Pyongyang a menacé mercredi de renforcer sa présence militaire sur les anciens sites de la coopération intercoréenne et de reconstruire certains postes de garde le long de la Zone démilitarisée, faisant un peu plus monter la tension après avoir démoli le bureau de liaison avec la Corée du Sud.

La Corée du Nord a aussi affirmé avoir rejeté une proposition qu'elle aurait reçue du président sud-coréen Moon Jae-in d'envoyer un émissaire pour des discussions.

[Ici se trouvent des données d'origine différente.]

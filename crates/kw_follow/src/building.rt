//! The events of a rebalance.
//!
//! Those by which the full row gets its leader (`engaging`), that gather the cells that were not
//! reached in the list of the row at hand (`gathering`), that take a free row (`seeking`), and that
//! link the new rows in place of the group (`replacing`) have a step of their own each. What most
//! rebalances do not need, as taking the next row along, going left to a leader, or giving rows
//! back, is put together in `going`; the seats are asked as `asking` does, the cells in the list
//! gathered as `row_gathering` says, rows asked for their state as `seeking` does, and new ones
//! written as `row_writing` does.
ghost use Rattle.std.specs.Prelude.{◌<◌};
ghost use Rattle.kw_follow.specs.Following.{Follows};
ghost use Rattle.kw_follow.specs.Moving.{Moves, WentOn};
ghost use Rattle.kw_follow.specs.Within.{IsWithinCall};

use crate::engaging::{
    ask_clock, ask_epoch, ask_state, decide_count, freeze_row_count, lead_row, mark_row_link,
};
use crate::gathering::{load_left_key, load_left_value};
use crate::going::{event, go};
use crate::replacing::{link_new_rows, load_least_before, load_link_before, load_state_before};
use crate::seeking::{free_row, load_first_state, take_free_row};
use kw_table::{Pass, Shared};
use kw_world::activity::Activity;
use kw_world::activity::rebalance::Rebalance;
use kw_world::activity::rebalance::engage::Engage;
use kw_world::activity::rebalance::freeze::Freeze;
use kw_world::activity::rebalance::gather::Gather;
use kw_world::activity::rebalance::replace::Replace;
use kw_world::activity::rebalance::seek::Seek;
use kw_world::event::{Choice, StepDone};
use kw_world::local::Local;

// The next event, by what the local does next: one that most rebalances have, but for those at the
// row that replaces, or any other one.
#[inline(always)]
fn build_event(shared: &Shared, pass: &mut Pass, local: &mut Local) -> StepDone
    requires follows { Follows shared.now pass.old local.old }
    requires within { IsWithinCall local.old.activity }
    ensures { Moves shared.now pass.old local.old Choice.Go pass.new local.new result }
{
    match local.activity {
        Activity::Rebalance(Rebalance::Engage(Engage::Clock)) => ask_clock(shared, pass, local),
        Activity::Rebalance(Rebalance::Engage(Engage::Epoch)) => ask_epoch(shared, pass, local),
        Activity::Rebalance(Rebalance::Engage(Engage::State)) => ask_state(shared, pass, local),
        Activity::Rebalance(Rebalance::Engage(Engage::Lead)) => lead_row(shared, pass, local),
        Activity::Rebalance(Rebalance::Engage(Engage::MarkLink(count))) => mark_row_link(
            shared, pass, local, count,
        ),
        Activity::Rebalance(Rebalance::Engage(Engage::Decide(count))) => decide_count(
            shared, pass, local, count,
        ),
        Activity::Rebalance(Rebalance::Freeze(Freeze::Count)) => freeze_row_count(
            shared, pass, local,
        ),
        Activity::Rebalance(Rebalance::Gather(Gather::LeftOverKey)) => load_left_key(
            shared, pass, local,
        ),
        Activity::Rebalance(Rebalance::Gather(Gather::LeftOverValue)) => load_left_value(
            shared, pass, local,
        ),
        Activity::Rebalance(Rebalance::Seek(Seek::Reclaim)) => free_row(shared, pass, local),
        Activity::Rebalance(Rebalance::Seek(Seek::Take)) => take_free_row(shared, pass, local),
        Activity::Rebalance(Rebalance::Replace(Replace::GuessedLeast)) => load_least_before(
            shared, pass, local,
        ),
        Activity::Rebalance(Rebalance::Replace(Replace::Next)) => load_link_before(
            shared, pass, local,
        ),
        Activity::Rebalance(Rebalance::Replace(Replace::Exchange)) => link_new_rows(
            shared, pass, local,
        ),
        _ => event(shared, pass, local, Choice::Go),
    }
}

/// Makes the next event in the middle of a call, as `go` does with the choice `Go`. Those that most
/// rebalances have are made by steps of their own. Takes no memory.
#[inline(always)]
pub fn go_build(shared: &Shared, pass: &mut Pass, local: &mut Local)
    requires follows { Follows shared.now pass.old local.old }
    requires within { IsWithinCall local.old.activity }
    ensures { WentOn shared.now pass.old local.old Choice.Go pass.new local.new }
{
    build_event(shared, pass, local);
}

// The next event with the choice to guess a row of the table: the search for free rows, or the walk
// to the row before the full one, begins there.
#[inline(always)]
fn guess_event(shared: &Shared, pass: &mut Pass, local: &mut Local, row: u32) -> StepDone
    requires follows { Follows shared.now pass.old local.old }
    requires within { IsWithinCall local.old.activity }
    requires in_range { row < shared.now.opening.rows }
    ensures { Moves shared.now pass.old local.old (Choice.Guess row) pass.new local.new result }
{
    match local.activity {
        Activity::Rebalance(Rebalance::Seek(Seek::First)) => load_first_state(
            shared, pass, local, row,
        ),
        Activity::Rebalance(Rebalance::Replace(Replace::Start)) => load_state_before(
            shared, pass, local, row,
        ),
        _ => event(shared, pass, local, Choice::Guess(row)),
    }
}

/// Makes the next event in the middle of a call, as `go` does with the choice `Guess(row)`. Where a
/// rebalance begins its search for free rows, or its walk to the row before the full one, at a row
/// of the table, that is a step of its own. Takes no memory.
#[inline(always)]
pub fn go_build_guess(shared: &Shared, pass: &mut Pass, local: &mut Local, row: u32)
    requires follows { Follows shared.now pass.old local.old }
    requires within { IsWithinCall local.old.activity }
    ensures { WentOn shared.now pass.old local.old (Choice.Guess row) pass.new local.new }
{
    if row >= shared.rows() {
        return go(shared, pass, local, Choice::Guess(row));
    }
    guess_event(shared, pass, local, row);
}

Kim Yo Jong, la puissante soeur du leader nord-coréen Kim Jong Un, y a vu "une proposition sinistre et manquant de tact", selon l'agence nord-coréenne KCNA. De son côté, l'armée nord-coréenne a affirmé qu'elle allait reprendre les manoeuvres militaires dans la zone frontalière et qu'elle se préparait à envoyer des tracts en direction du Sud.

Des appels au calme ont émané des grandes capitales occidentales après la démolition mardi par Pyongyang du bureau de liaison intercoréen qui avait été ouvert dans la ville nord-coréenne de Kaesong en septembre 2018, et était alors un des symboles de l'extraordinaire détente apparue cette année-là sur la péninsule.

Il s'agissait du premier instrument physique permanent de communication et était destiné à développer les relations intercoréennes, améliorer les relations entre les Etats-Unis et le Nord, et apaiser les tensions militaires.

Mais les relations Nord-Sud n'ont cessé de se dégrader dans la foulée du fiasco du deuxième sommet entre le président américain Donald Trump et M. Trump et Kim, en février 2019 à Hanoï.

Certains experts soupçonnent le Nord de chercher désormais à créer de toutes pièces une crise pour obtenir des concessions, sur fond d'impasse dans les négociations internationales sur ses programmes nucléaires.